Jurors in Stoneman Douglas mass shooting trial will not be anonymous, judge rules

FORT LAUDERDALE, Fla. — Prosecutors and defense lawyers in the Marjory Stoneman Douglas mass shooting trial will be allowed to refer to potential jurors by name, a Broward County judge ruled Friday.

The decision rejects a defense request asking for the potential jurors deciding the fate of confessed Marjory Stoneman Douglas High school shooter Nickolas Cruz to be referred to by number and not by name. The request would have protected the jurors from having their names disclosed to the public and, by extension, the news media.

“What (the) defendant requests is not permitted,” Circuit Judge Elizabeth Scherer wrote in her decision. “Exemptions to the specific laws on public records cannot be created from thin air.”

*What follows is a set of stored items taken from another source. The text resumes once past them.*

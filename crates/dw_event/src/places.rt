ghost use Rattle.std.specs.Prelude.{◌≡◌, ◌%◌, IfOk, string_bytes, take};
ghost use Rattle.dw_event.specs.Places.{shard_number, shard_name, place_of};

use crate::OutOfMemory;
use crate::canon::canonical;
use crate::records::{Place, Record};
use crate::uids::UidMaker;
use dw_key::{DocKey, Text, Uid};
use std::alloc::Global;

/// The place of a record: its uid is the digest of its canonical bytes, and its shard is the date, `_`
/// and a number from 0 to 15, the first eight bytes of the uid, the highest first, modulo 16.
pub fn place<U: UidMaker>(alloc: Global, uids: &U, rec: &Record) -> Result<Place, OutOfMemory>
    ensures { IfOk result (λ p. p ≡ place_of U.digest rec.now) }
{
    let bytes = canonical(alloc, rec)?;
    let uid = uids.digest(bytes.as_slice());
    let shard = shard_text(alloc, rec.date.as_str(), &uid)?;
    Ok(Place {
        shard,
        key: DocKey {
            dtype: rec.dtype,
            uid,
        },
    })
}

/// The number of the shard of a uid within its day.
pub(crate) fn number(uid: &Uid) -> u64
    ensures { result ≡ shard_number uid.now }
{
    let first = [
        uid[0], uid[1], uid[2], uid[3], uid[4], uid[5], uid[6], uid[7],
    ];
    u64::from_be_bytes(first) % 16
}

fn shard_text(alloc: Global, date: &str, uid: &Uid) -> Result<Text, OutOfMemory>
    ensures { IfOk result (λ text. text ≡ shard_name date.now uid.now) }
{
    let n = number(uid);
    let text = format!(in alloc; "{date}_{n}")?;
    Ok(Text::from_string(text))
}
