ghost use Rattle.std.specs.Prelude.{◌≡◌, ◌++◌, OnOk, IfOk, [], take, drop};
ghost use Rattle.dw_event.specs.Records.{ended, cell_canon, cells_canon, canon, CanonTellsApart};

use crate::OutOfMemory;
use crate::cells::EventCell;
use crate::records::Record;
use dw_key::Bytes;
use std::alloc::Global;

/// The bytes that tell records apart: the type, a byte 0, the date, a byte 0, and for each cell the
/// field, a byte 0, the raw value, a byte 0, the text of the visibility and a byte 0.
pub fn canonical(alloc: Global, rec: &Record) -> Result<Bytes, OutOfMemory>
    ensures { IfOk result (λ bytes. bytes ≡ canon rec.now) }
{
    let mut out = Vec::new(alloc);
    put_ended(&mut out, rec.dtype.as_slice())?;
    put_ended(&mut out, rec.date.as_str().as_bytes())?;
    put_cells(&mut out, rec.cells.as_slice())?;
    Ok(Bytes::from_vec(out))
}

/// Two well-formed records with the same canonical bytes are the same record.
pub fn canonical_tells_apart()
    ensures { CanonTellsApart }
{}

fn put_ended(out: &mut Vec<u8>, text: &[u8]) -> Result<(), OutOfMemory>
    ensures { OnOk result (out.new.items ≡ out.old.items ++ ended text.now) }
{
    out.extend_from_slice(text)?;
    out.push(0)?;
    Ok(())
}

fn put_cell(out: &mut Vec<u8>, cell: &EventCell) -> Result<(), OutOfMemory>
    ensures { OnOk result (out.new.items ≡ out.old.items ++ cell_canon cell.now) }
{
    put_ended(out, cell.field.as_str().as_bytes())?;
    put_ended(out, cell.raw.as_str().as_bytes())?;
    put_ended(out, cell.vis.text())?;
    Ok(())
}

fn put_cells(out: &mut Vec<u8>, cells: &[EventCell]) -> Result<(), OutOfMemory>
    ensures { OnOk result (out.new.items ≡ out.old.items ++ cells_canon cells.now) }
{
    for cell in cells {
        put_cell(out, cell)?;
    }
    Ok(())
}
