ghost use Rattle.std.specs.Prelude.{◌≡◌, IfOk};

use crate::OutOfMemory;
use dw_base::{Exact, Sorted, Text, Twin};

/// A field and one raw value of it, whoever sees it, ordered by the bytes of the field and then of the
/// value.
#[derive(Debug, PartialEq, Eq, PartialOrd, Ord, Drop)]
pub struct Pair {
    pub field: Text,
    pub raw: Text,
}

impl Exact for Pair {
    ghost use Rattle.dw_event.specs.Views.{exact_pairs};

    ghost exact = { exact_pairs };
}

impl Twin for Pair {
    fn copy(&self) -> Result<Pair, OutOfMemory> {
        let field = self.field.copy()?;
        let raw = self.raw.copy()?;
        Ok(Pair { field, raw })
    }
}

/// What a reader sees of an event: a set of pairs, kept ascending.
pub type View = Sorted<Pair>;
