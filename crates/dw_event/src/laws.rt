ghost use Rattle.dw_event.specs.Pages.{PagesAreTheAnswer};

/// The pages of an answer, up to the one behind which no event stands, are together the answer.
#[tactic(auto, using(crate::proofs::PageLemmas::pages_are_the_answer))]
pub fn pages_are_the_answer()
    ensures { PagesAreTheAnswer }
{}
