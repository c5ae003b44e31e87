ghost use Rattle.std.specs.Prelude.{◌≡◌, IfOk};

use crate::OutOfMemory;
use dw_base::{Exact, Sorted, Text, Twin};
use dw_vis::Vis;

/// A field of an event, one raw value of it and who sees that, ordered by the bytes of the field, then of
/// the value and then of the visibility's text.
#[derive(Debug, PartialEq, Eq, PartialOrd, Ord, Drop)]
pub struct EventCell {
    pub field: Text,
    pub raw: Text,
    pub vis: Vis,
}

impl Exact for EventCell {
    ghost use Rattle.dw_event.specs.Cells.{exact_cells};

    ghost exact = { exact_cells };
}

impl Twin for EventCell {
    fn copy(&self) -> Result<EventCell, OutOfMemory> {
        let field = self.field.copy()?;
        let raw = self.raw.copy()?;
        let vis = self.vis.copy()?;
        Ok(EventCell { field, raw, vis })
    }
}

/// The set of the cells of an event, kept ascending.
pub type Cells = Sorted<EventCell>;
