use crate::records::Place;
use crate::views::View;
use dw_base::{Listed, Text};
use dw_key::DocKey;

/// Why what was sent as a record is none: the first of these rules, in this order, that it breaks.
#[derive(Clone, Copy, Debug, PartialEq, Eq)]
pub enum BadRecord {
    /// It is no object of the members of a record, or it has no value.
    Shape,
    /// The type breaks its rule.
    Dtype,
    /// The date names no day.
    Date,
    /// A field's name breaks its rule.
    Field,
    /// A visibility is refused, or holds a byte 0.
    Visibility,
    /// A value is longer than 4,096 bytes, or holds a byte 0.
    Value,
    /// There are more than 4,096 cells, or more than 65,536 canonical bytes.
    TooLarge,
}

/// What became of the records of an ingest.
#[derive(Debug, Drop)]
pub struct Report {
    pub new: u32,
    pub repeat: u32,
    pub bad: Listed<Bad>,
    /// The number of the last batch, now.
    pub last: u64,
}

/// A record that was not taken, by its place in the list, counted from 0.
#[derive(Debug, Drop)]
pub struct Bad {
    pub at: u32,
    pub why: BadReason,
}

/// Why a record was not taken.
#[derive(Debug, Drop)]
pub enum BadReason {
    /// It breaks a rule.
    Rule { rule: BadRecord },
    /// Other cells are held at its place.
    Clash { place: Place },
}

/// An event as a page shows it.
#[derive(Debug, Drop)]
pub struct Shown {
    pub shard: Text,
    pub key: DocKey,
    pub view: View,
}
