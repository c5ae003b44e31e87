ghost use Rattle.std.specs.Prelude.{refl};
ghost use Rattle.std.specs.Ordering.{as_partial_cmp};
ghost use Rattle.std.specs.Cmp.{partial_order_from_own_ties};
ghost use Rattle.std.specs.Cmp.Rules.{comparing};
ghost use Rattle.std.proofs.Common.{rules};
ghost use Rattle.dw_event.specs.Places.{place_cmp};

use crate::cells::Cells;
use dw_base::Text;
use dw_key::{DType, DocKey};
use std::cmp::Ordering;

/// What comes in: a type, a date of eight digits and the set of cells.
#[derive(Debug, Drop)]
pub struct Record {
    pub dtype: DType,
    pub date: Text,
    pub cells: Cells,
}

/// A record that was taken: the shard and the key under which it is kept, its cells, and the number of
/// the batch that brought it.
#[derive(Debug, Drop)]
pub struct Event {
    pub shard: Text,
    pub key: DocKey,
    pub cells: Cells,
    pub batch: u64,
}

/// What is held at a place: the cells of an event and the number of the batch that brought them.
#[derive(Debug, Drop)]
pub struct Held {
    pub cells: Cells,
    pub batch: u64,
}

/// Where an event is kept, ordered by the bytes of the shard, then of the type, then of the uid.
#[derive(Debug, PartialEq, Eq, Drop)]
pub struct Place {
    pub shard: Text,
    pub key: DocKey,
}

impl PartialOrd for Place {
    ghost partial_cmp = { as_partial_cmp place_cmp };

    ghost laws = { partial_order_from_own_ties (Prim.search (comparing, rules)) (Prim.search (comparing, rules)) };

    fn partial_cmp(&self, other: &Place) -> Option<Ordering> {
        Some(self.cmp(other))
    }
}

impl Ord for Place {
    ghost cmp = { place_cmp };

    ghost total = { Prim.search (comparing, rules) };

    ghost matches_partial_cmp = { λ x y. refl };

    ghost matches_eq = { Prim.search (comparing, rules) };

    fn cmp(&self, other: &Place) -> Ordering {
        self.shard.cmp(&other.shard).then(self.key.cmp(&other.key))
    }
}
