ghost use Rattle.std.specs.Prelude.{◌≡◌, ℕ, List, replicate};
ghost use Rattle.sha2.specs.Sha256.{sha256};

use dw_key::Uid;
use sha2::{Digest, Sha256};

/// What gives each list of canonical bytes its uid.
pub trait UidMaker {
    ghost digest: { List ℕ → List ℕ };

    fn digest(&self, canonical: &[u8]) -> Uid
        ensures { result ≡ digest canonical.now };
}

/// Gives SHA-256 of FIPS 180-4.
#[derive(Clone, Copy, Debug)]
pub struct ShaUid;

impl UidMaker for ShaUid {
    ghost digest = { sha256 };

    fn digest(&self, canonical: &[u8]) -> Uid {
        Sha256::digest(canonical)
    }
}

/// Gives 32 bytes 0, so that all records of a day and a type have one place. For tests.
#[derive(Clone, Copy, Debug)]
pub struct ConstUid;

impl UidMaker for ConstUid {
    ghost digest = { λ _. replicate 32 0 };

    fn digest(&self, _canonical: &[u8]) -> Uid {
        [0; 32]
    }
}
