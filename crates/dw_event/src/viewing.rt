ghost use Rattle.std.specs.Prelude.{◌≡◌, IfOk};
ghost use Rattle.dw_event.specs.Views.{pair_of, seen_pairs, view_of, ViewsAreExact};

use crate::OutOfMemory;
use crate::cells::{Cells, EventCell};
use crate::records::Event;
use crate::views::{Pair, View};
use dw_vis::{Auths, sees_by_the_grammar};
use std::alloc::Global;

/// The field and the value of a cell.
fn shown_pair(cell: &EventCell) -> Result<Pair, OutOfMemory>
    ensures { IfOk result (λ p. p ≡ pair_of cell.now) }
{
    let field = cell.field.copy()?;
    let raw = cell.raw.copy()?;
    Ok(Pair { field, raw })
}

/// The pairs of the cells that a reader of these authorisations sees, in the order of the cells.
fn pairs_seen(alloc: Global, cells: &[EventCell], auths: &Auths) -> Result<Vec<Pair>, OutOfMemory>
    ensures { IfOk result (λ v. v.items ≡ seen_pairs auths.now cells.now) }
{
    let mut pairs = Vec::new(alloc);
    for cell in cells {
        if cell.vis.sees(auths) {
            pairs.push(shown_pair(cell)?)?;
        }
    }
    Ok(pairs)
}

/// What a reader of these authorisations sees of some cells: the pairs of field and value that have a cell
/// which they see, each once.
pub fn view_cells(alloc: Global, cells: &Cells, auths: &Auths) -> Result<View, OutOfMemory>
    ensures { IfOk result (λ v. v ≡ view_of auths.now cells.now) }
{
    let pairs = pairs_seen(alloc, cells.as_slice(), auths)?;
    Ok(View::from_vec(pairs))
}

/// What a reader of these authorisations sees of an event.
pub fn view(alloc: Global, event: &Event, auths: &Auths) -> Result<View, OutOfMemory>
    ensures { IfOk result (λ v. v ≡ view_of auths.now event.now.cells) }
{
    view_cells(alloc, &event.cells, auths)
}

/// A view has the pairs of field and value of which a reader of those authorisations sees a cell, and no
/// others, and it ascends.
pub fn views_are_exact()
    ensures { ViewsAreExact }
{
    sees_by_the_grammar();
}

The defense motion would have barred court personnel and the media from disclosing the names of jurors, which are a public record under the law. During trials, the court bars media from taking pictures and videos showing jurors’ faces, and jurors are strictly prohibited from talking to the media or anyone else about their cases.

But their names have always been a public record, and media members are legally permitted to interview jurors after trials are concluded. In practice, such interviews are infrequent but not unusual.

In her ruling, Scherer left the door open for the defense to present a stronger argument to keep juror names from being publicly disclosed.

Scherer has not always seen eye to eye with the media during the case. In the summer of 2018, a few months after Cruz murdered 17 and wounded 17 more in the Parkland high school, Scherer blasted the South Florida Sun Sentinel for disclosing education records that were inadequately redacted by the Broward school district.

At the time, Scherer toyed with the idea of telling media outlets what they could and could not publish in the future. She later backed down from the threat, which was criticized by media law experts as an example of “prior restraint,” which is prohibited. Scherer cited the same principle in rejecting the defense’s anonymous jury request.